Consumer Watch: Getting out of subprime lending territory

Refinancing a high interest rate loan only works if you have been bettering your credit report (KOKH).

From time to time people may consider taking out a high interest rate loan, but that can cause more financial problems, especially if you don’t have a plan to pay that loan off quickly. If you're taking out a loan for a large purchase, you'll want to know more than the interest rate; check for the APR, or

the Annual Percentage Rate, because it includes your interest, plus any other fees attached to the loan. This will give you a look at all the extra you’ll have to pay for the privilege to borrow the money.

Items that affect interest rates:

Your credit score

Payment history

Debt to income ratio

The loan amount

"If you are going to use the loan to pay off credit card debt, that is an unsecured loan, so the bank is going to be a little more leery, and they are going to want to charge you a little bit higher interest rate because it is unsecured,” says Justin Cupler, savings expert with The Penny Hoarder.

If there is collateral or you leave a down payment for a car or a house, that improves the terms of the loan.

If you only qualify for a subprime loan, be sure to ask the lender why that is.

“Once you figure that out, just work on those bits-- whatever the bank said you need to work on, and watch your credit score tick up, until you hit the point where your bank says you are ok, and then you can refinance the loan, and hopefully get into a prime loan and drop that interest rate way down,” says Cupler.
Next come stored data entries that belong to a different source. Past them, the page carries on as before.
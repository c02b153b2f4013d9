//! Worked rows of the slabs of a direction and of the orders in them.
//!
//! They stand above `sb_slab`, so that it is not proved again for them.
#![tactic(auto)]

mod orders;
#[cfg(test)]
mod rows;

pub use orders::{END, NONE, are_orders};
Cupler also says the easiest way to avoid paying too much in interest is to not accept the loan, and delay the purchase until your credit is better or until you can pay cash. If you cannot avoid the loan, then he recommends paying more than the minimum every month, and be sure you are putting the extra cash straight toward the principal.

It is difficult to say how quickly it will be to move from subprime to prime lending possibilities. It depends on the person. For example, if your credit score is very low and you have many accounts in collections it may take longer than for someone with less negative marks on their credit report.